Saved entries
• • • • • • •

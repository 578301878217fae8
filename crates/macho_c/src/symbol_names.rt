//! Symbols by name. (`mach-o/nlist.h`: `nlist_64`)

ghost use Rattle.macho_fields.specs.Image.{commands_of};
ghost use Rattle.macho_fields.specs.Segment.{section_count};
ghost use Rattle.macho_rows.specs.Image.{image_in, ShowsUnbroken};
ghost use Rattle.macho_rows.specs.SymbolNames.{IsNamed, FindsNamed};
ghost use Rattle.macho_alike.specs.DefinitionModels.{AllDefinitionsAgree};
ghost use Rattle.macho_c.specs.Status.{AnswersSymbol, Tells};
ghost use Rattle.macho_c.specs.SymbolNames.{FindsMeaning};

use crate::status::{NONE, OK};
use macho_image::Symbols;
use macho_rows::image::KesvuotImage;
use macho_rows::symbol_names::first_named;
use macho_rows::symbols::{KesvuotSymbol, NO_SYMBOL, row_of, strings};

/// Finds the first symbol with this name that is not a debugging entry, and writes the symbol and its index. The
/// status is `OK`, or `NONE` without one. Of each symbol it reads no more bytes of the strings than the
/// name has, and one.
#[unsafe(no_mangle)]
pub extern "C" fn kesvuot_find_name(
    file: &[u8],
    image: &KesvuotImage,
    name: &[u8],
    symbol: &mut KesvuotSymbol,
    number: &mut u64,
) -> u32
    ensures answer { Tells (IsNamed (image_in file.now image.now) image.now name.now)
        (AnswersSymbol image.now.section_count result number.new symbol.new) }
    ensures all { ShowsUnbroken file.now image.now
        → Tells (FindsNamed (image_in file.now image.now) name.now)
        (AnswersSymbol (section_count (image_in file.now image.now) (commands_of (image_in file.now image.now))) result
        number.new symbol.new) }
    ensures alike { ShowsUnbroken file.now image.now → AllDefinitionsAgree (image_in file.now image.now)
        → FindsMeaning (image_in file.now image.now) name.now result symbol.new }
{
    *symbol = NO_SYMBOL;
    *number = 0;
    let bytes = image.held(file).bytes;
    let symbols = Symbols::in_table(bytes, image.symbols, image.symbol_count);
    match first_named(symbols, strings(bytes, image), name) {
        Some((first, found)) => {
            *symbol = row_of(found, image.section_count);
            *number = first;
            OK
        }
        None => NONE,
    }
}
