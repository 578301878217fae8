//! The version of the library.

ghost use Rattle.std.specs.Prelude.{◌≡◌};

// The parts of the version, each below 256: interfaces of one major version are compatible.
const MAJOR: u32 = 2;

const MINOR: u32 = 0;

const PATCH: u32 = 0;

/// The version of the library: `major << 16 | minor << 8 | patch`.
#[unsafe(no_mangle)]
pub extern "C" fn kesvuot_version() -> u32
    ensures { result ≡ 0x02_00_00 }
{
    MAJOR << 16 | MINOR << 8 | PATCH
}
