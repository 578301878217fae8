//! The names that an image exports. (`mach-o/loader.h`: `LC_DYLD_EXPORTS_TRIE`, `dyld_info_command`,
//! `EXPORT_SYMBOL_FLAGS_..`)

ghost use Rattle.std.specs.Prelude.{◌≡◌, ◌+◌, ◌≤◌, None, IfSome, length};
ghost use Rattle.std.specs.Option.{option_map_or};
ghost use Rattle.macho_fields.specs.Bytes.{bytes_of};
ghost use Rattle.macho_fields.specs.Field.{part};
ghost use Rattle.macho_fields.specs.Layers.{NothingBreaks};
ghost use Rattle.macho_fields.specs.Rules.{BreaksImage};
ghost use Rattle.macho_spans.specs.Span.{end_of};
ghost use Rattle.macho_exports.specs.Exports.{export_table as export_table_of};
ghost use Rattle.macho_alike.specs.ExportModels.{HasOneExportOfName};
ghost use Rattle.macho_c.specs.Exports.{from_base, address_of as address_of_of, export_row, exported, IsExported, IsExport, FindsExport, FindsAlike};
ghost use Rattle.macho_rows.specs.Image.{image_in, ShowsUnbroken};

use crate::export_trie::export_trie;
use crate::status::answer;
use macho_exports::export_trie::{Export, Target, find_export};
use macho_fields::Span;
use macho_fields::header::loader::{
    EXPORT_SYMBOL_FLAGS_KIND_ABSOLUTE, EXPORT_SYMBOL_FLAGS_KIND_MASK,
};
use macho_rows::image::KesvuotImage;
use macho_rows::span::{Held, KesvuotSpan, NO_SPAN};

/// What a name is exported as. (`struct kesvuot_export`)
#[repr(C)]
#[derive(Clone, Copy)]
pub struct KesvuotExport {
    /// The flags, as the trie has them.
    pub flags: u64,
    /// The address of the symbol, which is a stub's if it has a resolver. It is 0 of a re-export.
    pub address: u64,
    /// The address of the function that finds the address of the symbol, otherwise 0.
    pub resolver: u64,
    /// Of a re-export, the ordinal of the library that has the symbol, from 1 on, otherwise 0.
    pub ordinal: u64,
    /// Of a re-export, the name that the symbol has there. It is empty if it is the exported name.
    pub name: KesvuotSpan,
    /// Reserved: 0.
    pub reserved: u64,
}

/// Looks up the export with this name, and writes it. The status is `OK`, or `NONE` without one. It takes
/// at most as many steps as the trie and the name have bytes.
#[unsafe(no_mangle)]
pub extern "C" fn kesvuot_find_export(
    file: &[u8],
    image: &KesvuotImage,
    name: &[u8],
    export: &mut KesvuotExport,
) -> u32
    ensures answer { IsExport (image_in file.now image.now) image.now name.now result export.new }
    ensures all { ShowsUnbroken file.now image.now
        → FindsExport (image_in file.now image.now) image.now.slice.offset name.now result export.new }
    ensures alike { ShowsUnbroken file.now image.now → HasOneExportOfName (image_in file.now image.now)
        → FindsAlike (image_in file.now image.now) image.now.slice.offset name.now result export.new }
{
    let found = export_named(&image.held(file), image.base, name);
    answer(found, NO_EXPORT, export)
}

// The export with the name, of an image with this base.
fn export_named(image: &Held, base: u64, name: &[u8]) -> Option<KesvuotExport>
    ensures named { IsExported base image.now.place (bytes_of image.now.bytes) name.now result }
    ensures inside { NothingBreaks (BreaksImage (bytes_of image.now.bytes) None)
        → IfSome (export_table_of (bytes_of image.now.bytes)) (λ table. end_of table ≤ length (bytes_of image.now.bytes)) }
    ensures all { NothingBreaks (BreaksImage (bytes_of image.now.bytes) None)
        → result ≡ exported base image.now.place (bytes_of image.now.bytes)
        (export_table_of (bytes_of image.now.bytes)) name.now }
{
    let table = export_trie(image)?;
    let trie = held_trie(image, table);
    let found = find_export(trie.bytes, name)?;
    Some(row_of(base, &trie, found))
}

// The bytes of the trie of an image, and where they begin in the file.
fn held_trie<'a>(image: &Held<'a>, table: Span) -> Held<'a>
    requires { end_of table ≤ length (bytes_of image.now.bytes) }
    ensures bytes { bytes_of result.bytes ≡ part table.start table.len (bytes_of image.now.bytes) }
    ensures place { result.place ≡ image.now.place + table.start }
{
    Held {
        bytes: image.bytes.slice(table),
        place: image.place + table.start,
    }
}

// No export.
pub(crate) const NO_EXPORT: KesvuotExport = KesvuotExport {
    flags: 0,
    address: 0,
    resolver: 0,
    ordinal: 0,
    name: NO_SPAN,
    reserved: 0,
};

// The row of an export.
pub(crate) fn row_of(base: u64, trie: &Held, export: Export) -> KesvuotExport
    ensures { result ≡ export_row base trie.now.place (bytes_of trie.now.bytes) export }
{
    let flags = export.flags;
    match export.target {
        Target::Address { address, resolver } => KesvuotExport {
            flags,
            address: address_of(base, flags, address),
            resolver: resolver_of(base, resolver),
            ..NO_EXPORT
        },
        Target::Reexport { ordinal, name } => KesvuotExport {
            flags,
            ordinal,
            name: trie.part(name.start, name.len),
            ..NO_EXPORT
        },
    }
}

// The address of a symbol. It counts from the base, unless the symbol is absolute.
fn address_of(base: u64, flags: u64, number: u64) -> u64
    ensures { result ≡ address_of_of base flags number }
{
    if flags & EXPORT_SYMBOL_FLAGS_KIND_MASK == EXPORT_SYMBOL_FLAGS_KIND_ABSOLUTE {
        number
    } else {
        base.wrapping_add(number)
    }
}

// The address of a resolver, or 0 without one.
fn resolver_of(base: u64, resolver: Option<u64>) -> u64
    ensures { result ≡ option_map_or (from_base base) resolver 0 }
{
    match resolver {
        Some(number) => base.wrapping_add(number),
        None => 0,
    }
}
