//! The thread of an image. (`mach-o/loader.h`: `thread_command`)

ghost use Rattle.macho_fields.specs.Bytes.{bytes_of};
ghost use Rattle.macho_rows.specs.Image.{image_in};
ghost use Rattle.macho_c.specs.Threads.{IsThreadAnswer, IsThreadEntryOf};

use crate::status::answer;
use macho_commands::thread_entry;
use macho_rows::image::KesvuotImage;
use macho_rows::span::Held;

/// Writes the address at which the first `LC_THREAD` or `LC_UNIXTHREAD` of the image begins. The status is `OK`, or
/// `NONE` if the image has neither, if its registers are not known, or if the address has no byte of the file
/// that may be executed.
#[unsafe(no_mangle)]
pub extern "C" fn kesvuot_find_thread_entry(
    file: &[u8],
    image: &KesvuotImage,
    entry: &mut u64,
) -> u32
    ensures { IsThreadAnswer (image_in file.now image.now) result entry.new }
{
    answer(entry_of(&image.held(file)), 0, entry)
}

// The entry of the thread of an image.
fn entry_of(image: &Held) -> Option<u64>
    ensures { IsThreadEntryOf (bytes_of image.now.bytes) result }
{
    match image.open() {
        Some(opened) => thread_entry(&opened),
        None => None,
    }
}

• • • • • • •

» Problem requirements: Your task for the entries above: copy exactly the span starting with the line with "strings than the" and going on through the line with "image.now) image.now name.now)", both lines included, and nothing else.

» Expected answer:
/// status is `OK`, or `NONE` without one. Of each symbol it reads no more bytes of the strings than the
/// name has, and one.
#[unsafe(no_mangle)]
pub extern "C" fn kesvuot_find_name(
    file: &[u8],
    image: &KesvuotImage,
    name: &[u8],
    symbol: &mut KesvuotSymbol,
    number: &mut u64,
) -> u32
    ensures answer { Tells (IsNamed (image_in file.now image.now) image.now name.now)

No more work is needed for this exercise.